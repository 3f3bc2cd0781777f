// The calls over a record that the host lends, exported to C. Each hands the record on, moves nothing, and packs how it ended into one number.
#![tactic(auto)]

ghost use Rattle.std.specs.Prelude.{◌≡◌, [], length, Ok};
ghost use Rattle.rules.specs.State.{start};
ghost use Rattle.rules.specs.AtHand.{at_hand};
ghost use Rattle.rules.specs.Command.{lending, command};
ghost use Rattle.rules.specs.Fetch.{fetch};
ghost use Rattle.rules.specs.Radio.{arrival, taking, dropping};
ghost use Rattle.rules.specs.TimerCalls.{passing, enveloping};
ghost use Rattle.alpha.specs.Reads.{reads};
ghost use Rattle.alpha.specs.Writes.{writes};
ghost use Rattle.alpha.specs.Calls.{fitted, laid, ended_of, leaves};
ghost use Rattle.session.specs.Calls.{Answers};
ghost use Rattle.session.specs.Picture.{Good, Shows, view};
ghost use Rattle.fetch.specs.Gathers.{gathered_of, gathered_in, Gathers};
ghost use Rattle.host.specs.Packed.{packed, packed_burst, packed_text, Texts, Fits, Hosts, HostsBurst};

use alpha;
use command::at_hand;
use fetch::{Fetched, Gathered, fetch_in, start_gathered};
use modem::command_in;
use radio::{arrival_in, dropping_in, taking_in};
use rules::{ChannelNumber, Refusal};
use session::Session;
use timers::{envelope_in, pass_second};

// How a call ended, in one number: the count, or 1000000 (hexadecimal) plus the refusal's number.
fn pack(ended: Result<usize, Refusal>) -> u32
    requires { Fits ended }
    ensures { result ≡ packed ended }
{
    match ended {
        Ok(count) => count as u32,
        Err(why) => 0x1000000 + why.number() as u32,
    }
}

// What one bit more than the lower half stands for, and the most that the upper half can tell.
const UPPER: u64 = 0x100000000;

const LEFT_CAP: u64 = 0xFFFFFFFF;

// How a burst ended, and in the upper half how many of its bytes are left, FFFFFFFF for that many and more.
fn pack_burst(fetched: Fetched) -> u64
    requires { Fits fetched.ended }
    ensures { result ≡ packed_burst fetched }
{
    let ended = fetched.ended;
    let left = fetched.left as u64;
    let told = pack(ended) as u64;
    if left < LEFT_CAP {
        return UPPER * left + told;
    }
    UPPER * LEFT_CAP + told
}

// What stands before the number of a refusal where a count has 64 bits.
const TEXT_REFUSED: u64 = 0x8000000000000000;

// How a reading or a writing of a text ended, in one number: the count, or 8000000000000000 (hexadecimal) plus the refusal's number.
fn pack_text(ended: Result<usize, Refusal>) -> u64
    ensures { result ≡ packed_text ended }
{
    match ended {
        Ok(count) => count as u64,
        Err(why) => TEXT_REFUSED + why.number() as u64,
    }
}

// A fresh session from profile bytes of any length, in the host's record, whatever it held.
#[unsafe(no_mangle)]
pub extern "C" fn pomerassol_start(s: &mut Session, profile: &[u8])
    ensures { Shows (start profile.now) s.new.ledger s.new.pool × Good s.new }
{
    s.restart(profile);
}

// The card sends a command.
#[unsafe(no_mangle)]
pub extern "C" fn pomerassol_command(s: &mut Session, bytes: &[u8], out: &mut [u8]) -> u32
    requires { Good s.old }
    ensures { Hosts (command (view s.old) (lending (length out.old)) bytes.now) s.new result out.old out.new }
{
    pack(command_in(s, bytes, out))
}

// The radio brings bytes for a channel.
#[unsafe(no_mangle)]
pub extern "C" fn pomerassol_arrival(
    s: &mut Session,
    channel: u8,
    bytes: &[u8],
    out: &mut [u8],
) -> u32
    requires { Good s.old }
    ensures { Hosts (arrival (view s.old) (length out.old) (record { 0 = channel }) bytes.now) s.new result out.old out.new }
{
    pack(arrival_in(s, ChannelNumber(channel), bytes, out))
}

// The radio takes the bytes of a channel that are ready, as many as fit.
#[unsafe(no_mangle)]
pub extern "C" fn pomerassol_take(s: &mut Session, channel: u8, out: &mut [u8]) -> u32
    requires { Good s.old }
    ensures { Hosts (taking (view s.old) (length out.old) (record { 0 = channel })) s.new result out.old out.new }
{
    pack(taking_in(s, ChannelNumber(channel), out))
}

// The radio tells that the link of a channel was dropped.
#[unsafe(no_mangle)]
pub extern "C" fn pomerassol_drop(s: &mut Session, channel: u8, out: &mut [u8]) -> u32
    requires { Good s.old }
    ensures { Hosts (dropping (view s.old) (length out.old) (record { 0 = channel })) s.new result out.old out.new }
{
    pack(dropping_in(s, ChannelNumber(channel), out))
}

// A second passes for the timers.
#[unsafe(no_mangle)]
pub extern "C" fn pomerassol_second(s: &mut Session)
    requires { Good s.old }
    ensures { Answers (passing (view s.old)) s.new.ledger s.new.pool (Ok 0) [] [] }
{
    pass_second(s);
}

// The envelope of the lowest timer that waits.
#[unsafe(no_mangle)]
pub extern "C" fn pomerassol_envelope(s: &mut Session, out: &mut [u8]) -> u32
    requires { Good s.old }
    ensures { Hosts (enveloping (view s.old) (length out.old)) s.new result out.old out.new }
{
    pack(envelope_in(s, out))
}

// What command is at hand: number, type and qualifier in one number, or R2; from the outer head and the first object alone.
#[unsafe(no_mangle)]
pub extern "C" fn pomerassol_details(bytes: &[u8]) -> u32
    ensures { result ≡ at_hand bytes.now }
{
    at_hand(bytes)
}

// The text of an alpha identifier, as 16-bit units.
#[unsafe(no_mangle)]
pub extern "C" fn pomerassol_alpha_read(value: &[u8], out: &mut [u16]) -> u64
    ensures texts { Texts (ended_of (reads value.now) (length out.old)) result }
    ensures out_after { out.new ≡ leaves (reads value.now) out.old }
{
    pack_text(alpha::read(value, out))
}

// The alpha identifier of a text, in its shortest coding.
#[unsafe(no_mangle)]
pub extern "C" fn pomerassol_alpha_write(units: &[u16], out: &mut [u8]) -> u64
    ensures texts { Texts (fitted (writes units.now) (length out.old)) result }
    ensures out_after { out.new ≡ laid (writes units.now) out.old }
{
    pack_text(alpha::write(units, out))
}

// Nothing is gathered of a command, whatever the memory held.
#[unsafe(no_mangle)]
pub extern "C" fn pomerassol_fetch_start(gathered: &mut [u8; Gathered::SIZE])
    ensures { gathered.new ≡ gathered_of [] }
{
    start_gathered(gathered)
}

// The card's bytes come off the line, a burst of them.
#[unsafe(no_mangle)]
pub extern "C" fn pomerassol_fetch(
    s: &mut Session,
    gathered: &mut [u8; Gathered::SIZE],
    bytes: &[u8],
    out: &mut [u8],
) -> u64
    requires { Good s.old × Gathers gathered.old }
    ensures { HostsBurst (fetch (view s.old) (lending (length out.old)) (gathered_in gathered.old) bytes.now) s.new gathered.new result out.old out.new }
{
    pack_burst(fetch_in(s, gathered, bytes, out))
}
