//! A table and a memory with their segments written, and the first values of the globals.
ghost use Rattle.std.specs.Prelude.{◌≡◌, ℕ, ◌≤◌, ◌++◌, None, Some, IfOk, OnOk, [], drop, fold, length, map};
ghost use Rattle.wasm_types.specs.Tree.{global_tree, module_tree};
ghost use Rattle.wasm_spec.specs.Store.{first_misfit, fresh_store, table_size};
ghost use Rattle.sparse_bytes.specs.SparseBytes.{HasBlock};
ghost use Rattle.initial_image.specs.Image.{IsNeeded, ShowsBytes};
ghost use Rattle.initial_image.specs.Segments.{first_data_misfit, first_element_misfit, first_value, write_elements};

use crate::segments::{minimum, offset_of};
use sparse_bytes::SparseBytes;
use std::alloc::{AllocError, Global};
use wasm_types::Module;
use wasm_validate::{Valid, initial_value};
use wasm_values::{NoMemory, Val};

// Each entry becomes the function of its place.
fn write_functions(entries: &mut [Option<u32>], functions: &[u32])
    requires { length entries.old ≡ length functions.now }
    ensures { entries.new ≡ map (λ f. Some f) functions.now }
{
    for (place, function) in functions.iter().enumerate() {
        entries[place] = Some(*function);
    }
}

// Writes the element segments, in order.
fn write_elements(m: &Module, table: &mut [Option<u32>])
    requires fit { first_element_misfit (module_tree m.now) ≡ None }
    requires size { length table.old ≡ table_size (module_tree m.now) }
    ensures { table.new ≡ fold (write_elements (module_tree m.now)) table.old (module_tree m.now).element_segments }
{
    for segment in m.element_segments.as_slice() {
        let start = offset_of(m, &segment.offset) as usize;
        let end = start + segment.functions.len();
        write_functions(&mut table[start..end], segment.functions.as_slice());
    }
}

/// How many entries the table of a new instance has.
pub fn table_length(valid: &Valid) -> usize
    ensures { result ≡ table_size (module_tree valid.now) }
{
    minimum(valid.module().tables.as_slice()) as usize
}

/// Writes the table of a new instance over the first entries, and says how many it has. The others stay. Takes no memory.
pub fn write_table(valid: &Valid, entries: &mut [Option<u32>]) -> usize
    requires fit { first_misfit (module_tree valid.now) ≡ None }
    requires room { table_size (module_tree valid.now) ≤ length entries.old }
    ensures count { result ≡ table_size (module_tree valid.now) }
    ensures table { entries.new ≡ (fresh_store (module_tree valid.now)).table ++ drop result entries.old }
{
    let m = valid.module();
    let count = minimum(m.tables.as_slice()) as usize;
    let table = &mut entries[..count];
    table.fill(None);
    write_elements(m, table);
    count
}

// Writes the data segments over zeros, in order.
fn write_data(alloc: Global, m: &Module, memory: &mut SparseBytes) -> Result<(), NoMemory>
    requires fit { first_data_misfit (module_tree m.now) ≡ None }
    requires zeros { ShowsBytes memory.old [] }
    requires blocks { (number : ℕ) → HasBlock memory.old number → ⊥ }
    ensures memory { OnOk result (ShowsBytes memory.new (fresh_store (module_tree m.now)).memory) }
    ensures blocks { OnOk result ((number : ℕ) → HasBlock memory.new number → IsNeeded (module_tree m.now) number) }
{
    for segment in m.data_segments.as_slice() {
        let start = offset_of(m, &segment.offset);
        memory.write(alloc, start, segment.bytes.as_slice())?;
    }
    Ok(())
}

// The memory of a new instance.
pub(crate) fn filled_memory(alloc: Global, m: &Module) -> Result<SparseBytes, NoMemory>
    requires fit { first_data_misfit (module_tree m.now) ≡ None }
    ensures memory { IfOk result (λ b. ShowsBytes b (fresh_store (module_tree m.now)).memory) }
    ensures blocks { IfOk result (λ b. (number : ℕ) → HasBlock b number → IsNeeded (module_tree m.now) number) }
{
    let mut memory = SparseBytes::zeros(alloc);
    write_data(alloc, m, &mut memory)?;
    Ok(memory)
}

// What a global begins with.
fn first_value(g: &wasm_types::Global) -> Val
    ensures { result ≡ first_value (global_tree g.now) }
{
    initial_value(g).unwrap_or(Val::I32(0))
}

// What these globals begin with.
pub(crate) fn first_values(
    alloc: Global,
    globals: &[wasm_types::Global],
) -> Result<Vec<Val>, AllocError>
    ensures { IfOk result (λ vs. vs.items ≡ map (λ g. first_value (global_tree g)) globals.now) }
{
    let mut values = Vec::with_capacity(alloc, globals.len())?;
    for global in globals {
        values.push(first_value(global))?;
    }
    Ok(values)
}
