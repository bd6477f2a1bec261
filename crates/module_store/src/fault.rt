//! Why a module is not registered.
ghost use Rattle.std.specs.Prelude.{◌≡◌};
ghost use Rattle.module_store.specs.Faults.{fault_of_decode, fault_of_valid, fault_of_image};
ghost use Rattle.module_store.specs.declared.fault.LoadFault.TheVariants as fault;

use initial_image::{ImageFault, Misfit};
use pool_limits::Over;
use thiserror::Error;
use wasm_decode::DecodeFault;
use wasm_validate::ValidFault;

/// Why bytes are not registered.
#[derive(Clone, Copy, Debug, PartialEq, Eq, Error)]
pub enum LoadFault {
    /// The desk has registered all modules that it may.
    #[error("too many modules")]
    TooMany,
    /// The bytes spell no module.
    #[error("malformed module")]
    Malformed,
    /// The module uses floats, or imports what the profile does not run.
    #[error("unsupported module")]
    Unsupported,
    /// The module is not valid.
    #[error("invalid module")]
    Invalid,
    /// It asks for more than a limit allows.
    #[error("{0}")]
    OverLimit(Over),
    /// A segment ends past its table or memory.
    #[error("{0}")]
    Segment(Misfit),
    /// Memory was refused.
    #[error("out of memory")]
    NoMemory,
}

impl From<DecodeFault> for LoadFault {
    ghost from_gives = { λ e f. f ≡ fault_of_decode e };

    fn from(e: DecodeFault) -> LoadFault {
        match e {
            DecodeFault::Malformed => LoadFault::Malformed,
            DecodeFault::NoMemory => LoadFault::NoMemory,
        }
    }
}

impl From<ValidFault> for LoadFault {
    ghost from_gives = { λ e f. f ≡ fault_of_valid e };

    fn from(e: ValidFault) -> LoadFault {
        match e {
            ValidFault::Unsupported => LoadFault::Unsupported,
            ValidFault::Invalid => LoadFault::Invalid,
            ValidFault::NoMemory => LoadFault::NoMemory,
        }
    }
}

impl From<Over> for LoadFault {
    ghost from_gives = { λ e f. f ≡ fault.OverLimit e };

    fn from(e: Over) -> LoadFault {
        LoadFault::OverLimit(e)
    }
}

impl From<ImageFault> for LoadFault {
    ghost from_gives = { λ e f. f ≡ fault_of_image e };

    fn from(e: ImageFault) -> LoadFault {
        match e {
            ImageFault::Segment(misfit) => LoadFault::Segment(misfit),
            ImageFault::NoMemory => LoadFault::NoMemory,
        }
    }
}
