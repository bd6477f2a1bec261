//! The name of a store.
use std::marker::Brand;

/// Which store it is: its table of modules, its numbers, and how many modules it may have. It stands in the types of the store, of
/// its desk and of its references, and is picked by the proof of the function that opens the store.
pub trait Naming {
    ghost use Rattle.std.specs.Prelude.{ℕ};
    ghost use Rattle.boxcar.specs.Table.{Shelves};
    ghost use Rattle.pool_limits.specs.declared.numbers.Numbers.{Numbers};

    ghost shelves: { Shelves };

    ghost config: { Numbers };

    ghost most: { ℕ };
}

impl Naming for Brand {
    ghost use Rattle.std.specs.Prelude.{[]};

    ghost shelves = { record { tag = []; buckets = [] } };

    ghost config = { record { workers = 1; instances = 1; memories = 1; tables = 1; warm = 0; batch = 1; pages = 1; elements = 0; depth = 1; frame = 1 } };

    ghost most = { 0 };
}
☆ ☆ ☆ ☆ ☆ ☆ ☆
What you need to do:
Leave out every line before the one containing "use std::marker::Brand;"; set down that line and all remaining lines of the material exactly.

Response to the exercise:
use std::marker::Brand;

/// Which store it is: its table of modules, its numbers, and how many modules it may have. It stands in the types of the store, of
/// its desk and of its references, and is picked by the proof of the function that opens the store.
pub trait Naming {
    ghost use Rattle.std.specs.Prelude.{ℕ};
    ghost use Rattle.boxcar.specs.Table.{Shelves};
    ghost use Rattle.pool_limits.specs.declared.numbers.Numbers.{Numbers};

    ghost shelves: { Shelves };

    ghost config: { Numbers };

    ghost most: { ℕ };
}

impl Naming for Brand {
    ghost use Rattle.std.specs.Prelude.{[]};

    ghost shelves = { record { tag = []; buckets = [] } };

    ghost config = { record { workers = 1; instances = 1; memories = 1; tables = 1; warm = 0; batch = 1; pages = 1; elements = 0; depth = 1; frame = 1 } };

    ghost most = { 0 };
}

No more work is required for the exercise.